Three types of length measurements are common in the fisheries literature Figure 1. Total length (TL) is the length from the most anterior to the most posterior point with the tail of the fish compressed to exhibit the longest possible length. Fork length (FL) is the length from the most anterior point to the anterior notch in the fork of the tail. For fish without a forked tail, the fork and total lengths are the same. The standard length (SL) is the length from the most anterior point to the posterior end of the caudal peduncle. Total length is the most common measurement in fisheries studies, as this is the measurement used in management decisions such as setting minimum lengths.

Length Measurements

Figure 1: Demonstration of total, fork, and standard length measurements on a Bluegill.

 

Length measurements are often taken with the aid of a measuring board where the measuring “stick” is embedded into the bottom board and one end of this board is fit with a vertical end piece. The fish to be measured is placed on the bottom board such that the anterior point of the fish is against the vertical end piece and the measurement can be read directly from the embedded measuring stick (Figure 2). Length measurements are subject to very little measurement error (Gutreuter and Krzoska 1994).

Length Measurements

Figure 2: Field measurements of length (left) and weight with a spring scale (right).

 

Two common weight measurements are used. The usual body weight is the weight of the fish as it was captured, whereas the dressed weight is the weight of the fish with the gills and entrails removed. Dressed weight is usually only used when measurements are reported from a commercial fishery.

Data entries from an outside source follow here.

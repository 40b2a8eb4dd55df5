//! The beginning of a picture, with how its parts look, and its end.
ghost use Rattle.std.specs.Prelude.{◌≡◌, ◌++◌, OnOk};
ghost use Rattle.sequence_chart.specs.Frame.{frame, last, size, style, view};

use std::alloc::AllocError;
use text::Text;

/// How the chart looks on a light background and on a dark one, and the forms of its marks. It is the same in each picture.
pub const STYLE: &str = "<style>\n\
    svg{color-scheme:light dark}\n\
    text{font:10px ui-monospace,SFMono-Regular,Menlo,Consolas,'DejaVu Sans Mono',monospace;white-space:pre}\n\
    path{fill:none}\n\
    .paper{fill:#ffffff}\n\
    .mark{stroke:#ffffff;stroke-width:2px;paint-order:stroke;fill:inherit}\n\
    .step{stroke:#e4e8ec}\n\
    .head,.schedule{fill:#24292f}\n\
    .head{font-weight:bold;text-anchor:middle}\n\
    .message,.tip{fill:#6e7781}\n\
    .plain,.arrow,.lost,.end{stroke:#6e7781}\n\
    .lost{stroke-dasharray:2 2}\n\
    .candidate,.follower,.leader{fill:none;stroke:currentColor;stroke-width:2px}\n\
    .candidate{stroke-dasharray:2 4}\n\
    .leader{stroke-width:5px}\n\
    .won{font-weight:bold}\n\
    .t0{color:#0072b2;fill:#0072b2}.t1{color:#117733;fill:#117733}.t2{color:#946200;fill:#946200}\n\
    .t3{color:#5a4fcf;fill:#5a4fcf}.t4{color:#00818a;fill:#00818a}\n\
    .taken{color:#24292f;fill:#24292f}.other{color:#57606a;fill:#57606a}\n\
    .refused{color:#c8380a;fill:#c8380a}.fault{color:#a3176f;fill:#a3176f}\n\
    @media (prefers-color-scheme:dark){\n\
    .paper{fill:#0d1117}\n\
    .mark{stroke:#0d1117}\n\
    .step{stroke:#22272e}\n\
    .head,.schedule{fill:#e6edf3}\n\
    .message,.tip{fill:#8b949e}\n\
    .plain,.arrow,.lost,.end{stroke:#8b949e}\n\
    .t0{color:#58b4f0;fill:#58b4f0}.t1{color:#5fce78;fill:#5fce78}.t2{color:#e3b341;fill:#e3b341}\n\
    .t3{color:#b3a7ff;fill:#b3a7ff}.t4{color:#4fd6df;fill:#4fd6df}\n\
    .taken{color:#e6edf3;fill:#e6edf3}.other{color:#8b949e;fill:#8b949e}\n\
    .refused{color:#ff8a5c;fill:#ff8a5c}.fault{color:#f778ba;fill:#f778ba}\n\
    }\n\
    path.candidate,path.follower,path.leader{fill:none}\n\
    </style>\n\
    <defs>\n\
    <marker id='head' orient='auto' markerWidth='7' markerHeight='6' refX='7' refY='3'><path class='tip' d='M0 0L7 3L0 6z'/></marker>\n\
    <path id='dot' class='mark' d='M-3 0a3 3 0 1 1 6 0a3 3 0 1 1 -6 0z'/>\n\
    <path id='square' class='mark' d='M-4 -4H4V4H-4z'/>\n\
    <path id='star' class='mark' d='M0 -8L2.2 -2.5L8 -2.5L3.4 1L5 7L0 3.4L-5 7L-3.4 1L-8 -2.5L-2.2 -2.5z'/>\n\
    <path id='diamond' class='mark' d='M0 -7L6 0L0 7L-6 0z'/>\n\
    <path id='triangle' class='mark' d='M-4.5 -4H4.5L0 4.5z'/>\n\
    <g id='frame'><path class='paper' d='M-3 -3H3V3H-3z'/><path stroke='currentColor' stroke-width='1.5' d='M-3 -3H3V3H-3z'/></g>\n\
    <g id='ring'><path class='paper' d='M-3 0a3 3 0 1 1 6 0a3 3 0 1 1 -6 0z'/><path stroke='currentColor' stroke-width='1.5' d='M-3 0a3 3 0 1 1 6 0a3 3 0 1 1 -6 0z'/></g>\n\
    <path id='cross' stroke='currentColor' stroke-width='2' d='M-4 -4L4 4M4 -4L-4 4'/>\n\
    <path id='bar' stroke='currentColor' stroke-width='2' d='M-6 0H6'/>\n\
    <path id='end' d='M-2.5 -2.5L2.5 2.5M2.5 -2.5L-2.5 2.5'/>\n\
    </defs>\n\
    <rect class='paper' width='100%' height='100%'/>\n";

fn write_size(text: &mut Text, width: u64, height: u64) -> Result<(), AllocError>
    ensures { OnOk result (text.new ≡ text.old ++ size width height) }
{
    text.word("<svg xmlns='http://www.w3.org/2000/svg' xml:space='preserve' width='")?;
    text.number(width)?;
    text.word("' height='")?;
    text.number(height)?;
    text.word("' viewBox='0 0 ")
}

#[tactic(auto, unfolding(crate::specs::Frame::view))]
fn write_view(text: &mut Text, width: u64, height: u64) -> Result<(), AllocError>
    ensures { OnOk result (text.new ≡ text.old ++ view width height) }
{
    text.number(width)?;
    text.word(" ")?;
    text.number(height)?;
    text.word("'>\n")
}

#[tactic(auto, unfolding(crate::specs::Frame::style))]
fn write_style(text: &mut Text) -> Result<(), AllocError>
    ensures { OnOk result (text.new ≡ text.old ++ style) }
{
    text.word(STYLE)
}

/// Writes the beginning of a picture of this size: how its parts look, and its background.
pub fn write_frame(text: &mut Text, width: u64, height: u64) -> Result<(), AllocError>
    ensures { OnOk result (text.new ≡ text.old ++ frame width height) }
{
    write_size(text, width, height)?;
    write_view(text, width, height)?;
    write_style(text)
}

/// Writes the end of a picture.
pub fn end_frame(text: &mut Text) -> Result<(), AllocError>
    ensures { OnOk result (text.new ≡ text.old ++ last) }
{
    text.word("</svg>\n")
}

Weight measurements can be made in the field on fresh specimens or in the lab on fresh-frozen specimens. Weight measurements in the field can be taken with tared spring or electronic balances (Figure 2). However, field measurements can be extremely variable due to differences in fish surface wetness, boat movements, wind, and other adverse environmental conditions (Gutreuter and Krzoska 1994). Substantial variability in weight measurements can occur when fish weigh less than 10% of a scale’s capacity (Gutreuter and Krzoska 1994). Thus, multiple sizes of scales should be taken into the field (Blackwell et al. 2000). Wege and Anderson (1978)} suggest that the accuracy of the scale should be $$1% of a fish’s body weight for use in relative weight calculations. Weight measurements on frozen fish were roughly 1-9% lighter than the measurements on the same fish when fresh, whereas length measurements were roughly 1-4% shorter on frozen then fresh fish for a variety of species (reviewed in Ogle (2009)).

Weight-Length Model

The relationship between the length and weight of a sample of fish tends to have two important characteristics. First, the relationship is not linear . This can be explained intuitively by thinking of length as a linear measure and weight as being related to volume. Thus, as the organism adds a linear amount of length, it is adding a disk of volume with a commensurate weight. Second, the variability in weight increases as the length of the fish increases (i.e., the scatter of the points increases from left-to-right in Figure 3. Thus, variability in weight among shorter fish is less then variability in weight among longer fish. Unfortunately, because of these two characteristics, length-weight data tends to violate the linearity and homoscedasticity (i.e., “constant variance”) assumptions of simple linear regression.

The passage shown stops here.